Vision is something that is extremely necessary in the automobile industry. Almost all of the initial pioneers of this industry like Karl Benz, Henry Ford and others had a vision which they tried to convert into reality. Some succeeded, some did not. But one way or the other, all of it gradually helped the industry to grow. A somewhat same case happened in India when Ratan Tata took the initiative to solve the plight of the common man. In his mind, Mr. Tata had the concept of a small car for city runs which can take the load of a family.
This was converted into reality in the form of the Tata Nano, the world’s cheapest car, and it became a sensation the day it was announced. The entire world had nothing else to talk about, other than the Nano.
Then it failed.
There are many explanations for why it failed – and what we hear most often is the point that India had turned status-conscious. But there was a time when a car – ANY car – would have been a matter of pride. In our opinion, this was the case even in early 2000s. Can you imagine, in the 1980s and 90s, Indian car magazines used to carry stories and opinions that suggested considering better-built auto rickshaws as family cars?
We are confident that the Nano would have been a hit, if it were launched a decade early. And a superhit, if it were launched in the roaring ’60s. Down below is a render by our in-house artist, Vipin Vathoopan, which gives us an idea how would the Nano look if it was made during the 1960s.

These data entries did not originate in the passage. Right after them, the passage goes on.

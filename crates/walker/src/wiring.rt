// The wires of a composition: which child runs first, what each is given, and what becomes of their outputs.
ghost use Rattle.std.specs.Prelude.{◌≡◌, length};
ghost use Rattle.arity.specs.Ready.{Ready};
ghost use Rattle.walker.specs.Ready.{Roomy, Joins, first_child, second_child, FirstGiven, SecondGiven, Finished};

use arity::circuit::Circuit;
use arity::fields::{first_of, kind_of, second_of};
use arity::kinds::Kind;
use arity::rows::SHAPE;
use beam::{after, fetched, joined, keep, merged, repeated};
use word::index;
use word::limits::BEAM;

// The left child, in a recursion the right one; of a table that need not be accepted, so no `Circuit`.
pub fn first_child(table: &[u32], node: usize) -> usize
    requires { Joins table.now node }
    ensures { result ≡ first_child table.now node }
{
    match Kind::numbered(kind_of(table, node)) {
        Some(Kind::Recursion) => index(second_of(table, node)),
        _ => index(first_of(table, node)),
    }
}

pub fn second_child(table: &[u32], node: usize) -> usize
    requires { Joins table.now node }
    ensures { result ≡ second_child table.now node }
{
    match Kind::numbered(kind_of(table, node)) {
        Some(Kind::Recursion) => index(first_of(table, node)),
        _ => index(second_of(table, node)),
    }
}

// What the first child of a circuit's node is given.
pub fn first_given(circuit: &Circuit, node: usize, ins: [u32; BEAM], cells: &[u32]) -> [u32; BEAM]
    requires joins { Joins circuit.now node }
    requires roomy { Roomy circuit.now (length cells.now) }
    ensures { FirstGiven circuit.now node ins cells.now result }
{
    match circuit.kind(node) {
        Kind::Recursion => fetched(
            cells,
            circuit.cell(node),
            circuit.inputs(circuit.right(node)),
        ),
        _ => ins,
    }
}

// What the second child is given, where y are the outputs of the first, which a sequence hands on.
pub fn second_given(circuit: &Circuit, node: usize, ins: [u32; BEAM], y: [u32; BEAM]) -> [u32; BEAM]
    requires { Joins circuit.now node }
    ensures { SecondGiven circuit.now node ins y result }
{
    let left = circuit.left(node);
    let right = circuit.right(node);
    match circuit.kind(node) {
        Kind::Parallel => after(ins, circuit.inputs(left)),
        Kind::Split => repeated(y, circuit.outputs(left), circuit.inputs(right)),
        Kind::Merge => merged(y, circuit.outputs(left), circuit.inputs(right)),
        Kind::Recursion => joined(y, circuit.outputs(right), ins, circuit.inputs(node)),
        _ => y,
    }
}

// The outputs of the node, where y and z are those of its children; a recursion keeps what it feeds back.
pub fn finished(
    circuit: &Circuit,
    node: usize,
    y: [u32; BEAM],
    z: [u32; BEAM],
    cells: &mut [u32],
) -> [u32; BEAM]
    requires joins { Joins circuit.now node }
    requires roomy { Roomy circuit.now (length cells.old) }
    ensures { Finished circuit.now node y z cells.old result cells.new }
{
    let left = circuit.left(node);
    let right = circuit.right(node);
    match circuit.kind(node) {
        Kind::Parallel => joined(y, circuit.outputs(left), z, circuit.outputs(right)),
        Kind::Recursion => {
            keep(cells, circuit.cell(node), circuit.inputs(right), z);
            z
        }
        _ => z,
    }
}

// The same three by the table and its survey, as they were lent before there was a `Circuit`.
pub fn first_input(
    table: &[u32],
    shape: &[u32; SHAPE],
    node: usize,
    ins: [u32; BEAM],
    cells: &[u32],
) -> [u32; BEAM]
    requires ready { Ready table.now shape.now }
    requires joins { Joins table.now node }
    requires roomy { Roomy table.now (length cells.now) }
    ensures { FirstGiven table.now node ins cells.now result }
{
    first_given(&Circuit::new(table, shape), node, ins, cells)
}

pub fn second_input(
    table: &[u32],
    shape: &[u32; SHAPE],
    node: usize,
    ins: [u32; BEAM],
    y: [u32; BEAM],
) -> [u32; BEAM]
    requires ready { Ready table.now shape.now }
    requires joins { Joins table.now node }
    ensures { SecondGiven table.now node ins y result }
{
    second_given(&Circuit::new(table, shape), node, ins, y)
}

pub fn finish(
    table: &[u32],
    shape: &[u32; SHAPE],
    node: usize,
    y: [u32; BEAM],
    z: [u32; BEAM],
    cells: &mut [u32],
) -> [u32; BEAM]
    requires ready { Ready table.now shape.now }
    requires joins { Joins table.now node }
    requires roomy { Roomy table.now (length cells.old) }
    ensures { Finished table.now node y z cells.old result cells.new }
{
    finished(&Circuit::new(table, shape), node, y, z, cells)
}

The 1960s was a time when there were only a few car available for the common man in India. Therefore, a small car like the Nano makes sense and could have been an excellent idea at that time. The most popular cars during those years were the Hindustan Ambassador, Premiere Padmini and Standard. The Ambassador was the most popular car back then but it was actually a pretty heavy car with zero focus on drive comfort and ergonomics.

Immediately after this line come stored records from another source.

// The walker: a circuit worked tick by tick on its cells, with or without probes.
#![tactic(auto)]

mod named;
mod step;
pub mod wiring;

ghost use Rattle.std.specs.Prelude.{◌≡◌, List, ℕ, ◌*◌, length};
ghost use Rattle.cells.specs.Block.{answer_of, with_report, ran_as, played_as, played, ticks_of};
ghost use Rattle.arity.specs.Table.{nodes, circuit as tree_of};
ghost use Rattle.calls.specs.Probes.{noted_as, recorded};
ghost use Rattle.calls.specs.Probed.{probes_of, probed_as, watches};
ghost use Rattle.walker.specs.Ready.{base, step_of, Playable, Surveyed, Walkable};
ghost use Rattle.walker.specs.Probing.{Watching, Recordable, Watchable};
ghost use Rattle.walker.specs.Walk.{walked_table, probed_circuit, probed_table};

use arity::circuit::Circuit;
use arity::rows::SHAPE;
use arity::{Counts, survey};
use beam::{fetched, keep, keep_list};
use cells::{Samples, block_ok};
use named::probes_ok;
use probes::{MARKS, mark, note};
use refusal::Refusal;
use step::Walk;
use word::limits::{CELLS, CONTROLS};
use word::{bit, index};

// The ticks of a call that is not refused, one after another, on the cells and the buffers that it needs and no more; in how many of them was a delay clipped?
fn play(
    walk: &Walk,
    root: usize,
    n: usize,
    m: usize,
    ticks: usize,
    inputs: &[u32],
    cells: &mut [u32],
    outputs: &mut [u32],
    latest: &mut [u32],
    recording: &mut [u32],
) -> u32
    requires playable { Playable walk.now.circuit.now root n m ticks inputs.now cells.old outputs.old }
    requires recordable { Recordable walk.now.circuit.now walk.now.marks.now ticks latest.old recording.old }
    ensures cells_value { played (step_of walk.now.circuit.now) (ticks_of n walk.now.controls.now ticks inputs.now) cells.old ≡ played_as outputs.new cells.new result }
    ensures by_index { (xs : List ℕ) → Watching walk.now.circuit.now xs (length latest.old) walk.now.marks.now
        → recorded (base walk.now.circuit.now) (tree_of walk.now.circuit.now) (probes_of xs) (ticks_of n walk.now.controls.now ticks inputs.now) cells.old latest.old
        ≡ noted_as latest.new recording.new }
{
    let count = latest.len();
    let mut clips: u32 = 0;
    for tick in 0..ticks {
        let ins = fetched(inputs, tick * n, n);
        let mut told = false;
        let y = walk.step(root, &ins, cells, latest, &mut told);
        note(walk.marks, root, y, latest);
        keep(outputs, tick * m, m, y);
        keep_list(recording, tick * count, latest);
        clips += bit(told);
    }
    clips
}

// A call that is not refused, on buffers that may be longer than needed. Here and below block and buffers stand one by one, as the C interface lends them.
fn walk_ticks(
    circuit: &Circuit,
    n: usize,
    m: usize,
    need: usize,
    probes: &[u32],
    ticks: usize,
    inputs: &[u32],
    controls: &[u32],
    cells: &mut [u32],
    outputs: &mut [u32],
    latest: &mut [u32],
    recording: &mut [u32],
) -> u32
    requires walkable { Walkable circuit.now n m need ticks inputs.now controls.now cells.old outputs.old }
    requires watchable { Watchable circuit.now probes.now ticks latest.old recording.old }
    ensures { probed_as (ran_as (with_report (ticks * m) result) cells.new outputs.new) latest.new recording.new
        ≡ watches (nodes circuit.now) (tree_of circuit.now) (probes_of probes.now) ticks inputs.now controls.now cells.old outputs.old latest.old recording.old }
{
    let mut set = [0u32; CONTROLS];
    keep_list(&mut set, 0, controls);
    let mut marks = [0u8; MARKS];
    mark(probes, &mut marks);
    let watched = probes.len() / 2;
    let total = ticks * m;
    let all = ticks * watched;
    let walk = Walk {
        circuit,
        controls: &set,
        marks: &marks,
    };
    play(
        &walk,
        circuit.nodes() - 1,
        n,
        m,
        ticks,
        inputs,
        &mut cells[..need],
        &mut outputs[..total],
        &mut latest[..watched],
        &mut recording[..all],
    )
}

// A call for an accepted table: refusal 11, then 14, 15 and 12; else its ticks.
fn walk_circuit(
    circuit: &Circuit,
    counts: Counts,
    probes: &[u32],
    ticks: u32,
    inputs: &[u32],
    controls: &[u32],
    cells: &mut [u32],
    outputs: &mut [u32],
    latest: &mut [u32],
    recording: &mut [u32],
) -> Result<Samples, Refusal>
    requires { Surveyed circuit.now counts.inputs counts.outputs counts.cells }
    ensures { probed_as (ran_as (answer_of result) cells.new outputs.new) latest.new recording.new
        ≡ probed_circuit (nodes circuit.now) (tree_of circuit.now) probes.now ticks inputs.now controls.now cells.old outputs.old latest.old recording.old }
{
    let need = index(counts.cells);
    if CELLS < need {
        return Err(Refusal::TooManyCells);
    }
    if !block_ok(counts.inputs, ticks, inputs, controls) {
        return Err(Refusal::WrongBlock);
    }
    if !probes_ok(circuit, probes) {
        return Err(Refusal::WrongProbes);
    }
    let t = index(ticks);
    let wide = index(counts.outputs);
    let total = t * wide;
    let watched = probes.len() / 2;
    if cells.len() < need || outputs.len() < total {
        return Err(Refusal::ShortBuffer);
    }
    if latest.len() < watched || recording.len() < t * watched {
        return Err(Refusal::ShortBuffer);
    }
    let clipped = walk_ticks(
        circuit,
        index(counts.inputs),
        wide,
        need,
        probes,
        t,
        inputs,
        controls,
        cells,
        outputs,
        latest,
        recording,
    );
    Ok(Samples {
        count: total as u32,
        clipped,
    })
}

// One call with probes, with any table: the table's refusals, then 11, 14, 15 and 12; else its output samples, the cells after them, what the probes show at
// each tick, and what they showed last.
pub fn walk_probed(
    table: &[u32],
    probes: &[u32],
    ticks: u32,
    inputs: &[u32],
    controls: &[u32],
    cells: &mut [u32],
    outputs: &mut [u32],
    latest: &mut [u32],
    recording: &mut [u32],
) -> Result<Samples, Refusal>
    ensures { probed_as (ran_as (answer_of result) cells.new outputs.new) latest.new recording.new
        ≡ probed_table table.now probes.now ticks inputs.now controls.now cells.old outputs.old latest.old recording.old }
{
    let mut shape = [0u32; SHAPE];
    let counts = survey(table, &mut shape)?;
    let circuit = Circuit::new(table, &shape);
    walk_circuit(
        &circuit, counts, probes, ticks, inputs, controls, cells, outputs, latest, recording,
    )
}

// One call without probes: the table's refusals, then 11, 14 and 12; else its output samples, and the cells after them.
pub fn walk(
    table: &[u32],
    ticks: u32,
    inputs: &[u32],
    controls: &[u32],
    cells: &mut [u32],
    outputs: &mut [u32],
) -> Result<Samples, Refusal>
    ensures { ran_as (answer_of result) cells.new outputs.new
        ≡ walked_table table.now ticks inputs.now controls.now cells.old outputs.old }
{
    let mut latest = [0u32; 1];
    let mut recording = [0u32; 1];
    walk_probed(
        table,
        &table[..0],
        ticks,
        inputs,
        controls,
        cells,
        outputs,
        &mut latest[..0],
        &mut recording[..0],
    )
}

Talking of the design language of this Nano, it has vintage written over it everywhere. The front gets typical round headlamps with the old school Tata badge in between, The boot at the front gets a lever type shiny handle while the number plate is held by a thick slab of shiny metal. The front bumper too is reminiscent of old cars and is placed at the extreme end of the body. The bonnet and the windscreen are not at an obtuse angle to each other which is the case with most cars. Rather, it is made as a single piece in a straight plane, which is the same as on the current Nano.
The side mirrors and the door handles both are covered in a shiny metal and designed like the typical 60s car. Another highlight of this retro spec Nano is its white rim wheels, which put a seal on its 1960-ness. The wheel hub cap is a circular steel piece, which again is detailing at its best. The colour theme of red and white matches the era too. Notice that the overall silhouette remains the same as the present time Nano but various changes have made it go back in time.

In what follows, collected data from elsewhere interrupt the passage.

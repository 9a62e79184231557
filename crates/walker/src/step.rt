// One tick of a node: its primitives, its compositions, its on-demand body.
ghost use Rattle.std.specs.Prelude.{◌≡◌, List, ℕ, ◌≤◌, ◌<◌, length, get_or, take};
ghost use Rattle.word.specs.Limits.{widest};
ghost use Rattle.cells.specs.Cells.{store};
ghost use Rattle.arity.specs.Table.{kind_at};
ghost use Rattle.walker.specs.Ready.{base, outs_of, Roomy, Inside, Demands, Holding, Ticked};
ghost use Rattle.walker.specs.Probing.{Watching, Watched, ShowedBelow};

use crate::wiring::{finished, first_child, first_given, second_child, second_given};
use arity::circuit::Circuit;
use arity::kinds::Kind;
use beam::{after, fetched, keep, one};
use cells::{delay_at, tell};
use probes::{MARKS, note};
use word::limits::{BEAM, CONTROLS};
use word::{demand, index, operate};

// The number at a place, 0 past the end.
fn number_at(s: &[u32], at: usize) -> u32
    ensures { result ≡ get_or s.now at 0 }
{
    s.get(at).copied().unwrap_or(0)
}

// One tick of a primitive; a delay tells whether it was clipped.
fn leaf_step(
    circuit: &Circuit,
    node: usize,
    controls: &[u32; CONTROLS],
    ins: &[u32; BEAM],
    cells: &mut [u32],
    told: &mut bool,
) -> [u32; BEAM]
    requires inside { Inside circuit.now node }
    requires node_bound { kind_at circuit.now node ≤ 6 }
    requires roomy { Roomy circuit.now (length cells.old) }
    ensures { Ticked circuit.now controls.now node ins.now cells.old result cells.new told.old told.new }
{
    let value = circuit.value(node);
    let given = &ins[..circuit.inputs(node)];
    match circuit.kind(node) {
        Kind::Number => one(value),
        Kind::Control => one(number_at(controls, index(value))),
        Kind::Operation => one(operate(
            value,
            number_at(given, 0),
            number_at(given, 1),
            number_at(given, 2),
        )),
        Kind::Delay => {
            let delayed = delay_at(
                cells,
                circuit.cell(node),
                index(value),
                number_at(given, 0),
                number_at(given, 1),
            );
            tell(told, delayed.clipped);
            one(delayed.value)
        }
        Kind::Cable => one(number_at(given, 0)),
        _ => *ins,
    }
}

// The outputs that an ondemand holds.
fn held(circuit: &Circuit, node: usize, cells: &[u32]) -> [u32; BEAM]
    requires demands { Demands circuit.now node }
    requires roomy { Roomy circuit.now (length cells.now) }
    ensures { Holding circuit.now node cells.now result }
{
    fetched(cells, circuit.cell(node), circuit.outputs(node))
}

// The outputs of an ondemand's body, kept for the ticks without demand.
fn hold(circuit: &Circuit, node: usize, y: [u32; BEAM], cells: &mut [u32])
    requires demands { Demands circuit.now node }
    requires roomy { Roomy circuit.now (length cells.old) }
    ensures { cells.new ≡ store (base circuit.now node) (outs_of circuit.now node y) cells.old }
{
    keep(cells, circuit.cell(node), circuit.outputs(node), y);
}

// What stays the same from node to node, and from tick to tick of a call.
#[derive(Drop)]
pub struct Walk<'a> {
    pub circuit: &'a Circuit<'a>,
    pub controls: &'a [u32; CONTROLS],
    pub marks: &'a [u8; MARKS],
}

impl<'a> Walk<'a> {
    // One tick of a node: a primitive, an ondemand, or a composition, whose children run one after the other. Whoever has a node worked notes its outputs for
    // its probes: so they need not be copied once more.
    #[cycle(steps)]
    pub fn step(
        &self,
        node: usize,
        ins: &[u32; BEAM],
        cells: &mut [u32],
        latest: &mut [u32],
        told: &mut bool,
    ) -> [u32; BEAM]
        requires inside { Inside self.now.circuit.now node }
        requires roomy { Roomy self.now.circuit.now (length cells.old) }
        requires watched { Watched self.now.circuit.now (length latest.old) self.now.marks.now }
        ensures ticked { Ticked self.now.circuit.now self.now.controls.now node ins.now cells.old result cells.new told.old told.new }
        ensures by_index { (xs : List ℕ) → Watching self.now.circuit.now xs (length latest.old) self.now.marks.now
            → ShowedBelow self.now.circuit.now self.now.controls.now xs node ins.now cells.old latest.old latest.new }
    {
        let circuit = self.circuit;
        match circuit.kind(node) {
            Kind::Sequence | Kind::Parallel | Kind::Split | Kind::Merge | Kind::Recursion => {
                let first = first_child(circuit.table(), node);
                let second = second_child(circuit.table(), node);
                let x = first_given(circuit, node, *ins, cells);
                let y = self.step(first, &x, cells, latest, told);
                note(self.marks, first, y, latest);
                let w = second_given(circuit, node, *ins, y);
                let z = self.step(second, &w, cells, latest, told);
                note(self.marks, second, z, latest);
                finished(circuit, node, y, z, cells)
            }
            Kind::Ondemand => self.demand_step(node, ins, cells, latest, told),
            _ => leaf_step(circuit, node, self.controls, ins, cells, told),
        }
    }

    // One tick of an ondemand: its body runs at a demand alone, and what it holds is given.
    #[cycle(steps)]
    fn demand_step(
        &self,
        node: usize,
        ins: &[u32; BEAM],
        cells: &mut [u32],
        latest: &mut [u32],
        told: &mut bool,
    ) -> [u32; BEAM]
        requires demands { Demands self.now.circuit.now node }
        requires roomy { Roomy self.now.circuit.now (length cells.old) }
        requires watched { Watched self.now.circuit.now (length latest.old) self.now.marks.now }
        ensures ticked { Ticked self.now.circuit.now self.now.controls.now node ins.now cells.old result cells.new told.old told.new }
        ensures by_index { (xs : List ℕ) → Watching self.now.circuit.now xs (length latest.old) self.now.marks.now
            → ShowedBelow self.now.circuit.now self.now.controls.now xs node ins.now cells.old latest.old latest.new }
    {
        let circuit = self.circuit;
        let body = circuit.left(node);
        if demand(ins[0]) {
            let x = after(*ins, 1);
            let y = self.step(body, &x, cells, latest, told);
            note(self.marks, body, y, latest);
            hold(circuit, node, y, cells);
        }
        held(circuit, node, cells)
    }
}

A small and cheap car like the retro Tata Nano could have turned the tables at that time, both for the people of India as well as Tata. The same concept was applied by Suzuki in 1983 when it launched the Alto in India, rebadged as the 800 SS80. It went on to become a huge success and is still in production today, albeit in a different form factor. The 800 was hit in the first place because of its low price tag, light weight, ease of operation and good fuel economy. All of this could easily be achieved easily by the retro Nano had the concept been given a thought before.
Though Tata had been making vehicles since 1954 for commercial usage, its foray into the private and passenger vehicle market happened only in 1991 with the entry of the Sierra. However, if the company has turned towards the passenger segment cars first and built something like the Nano, there was no doubt it would have been a big hit. The world’s cheapest car will soon be discontinued as it will not be able to meet the upcoming government safety and emission norms. It will be remembered as a remarkable car, killed off by poor marketing strategy mainly. No doubt it would be picked up by B-Schools sooner or later as a classic case study how marketing can ruin a well thought of product.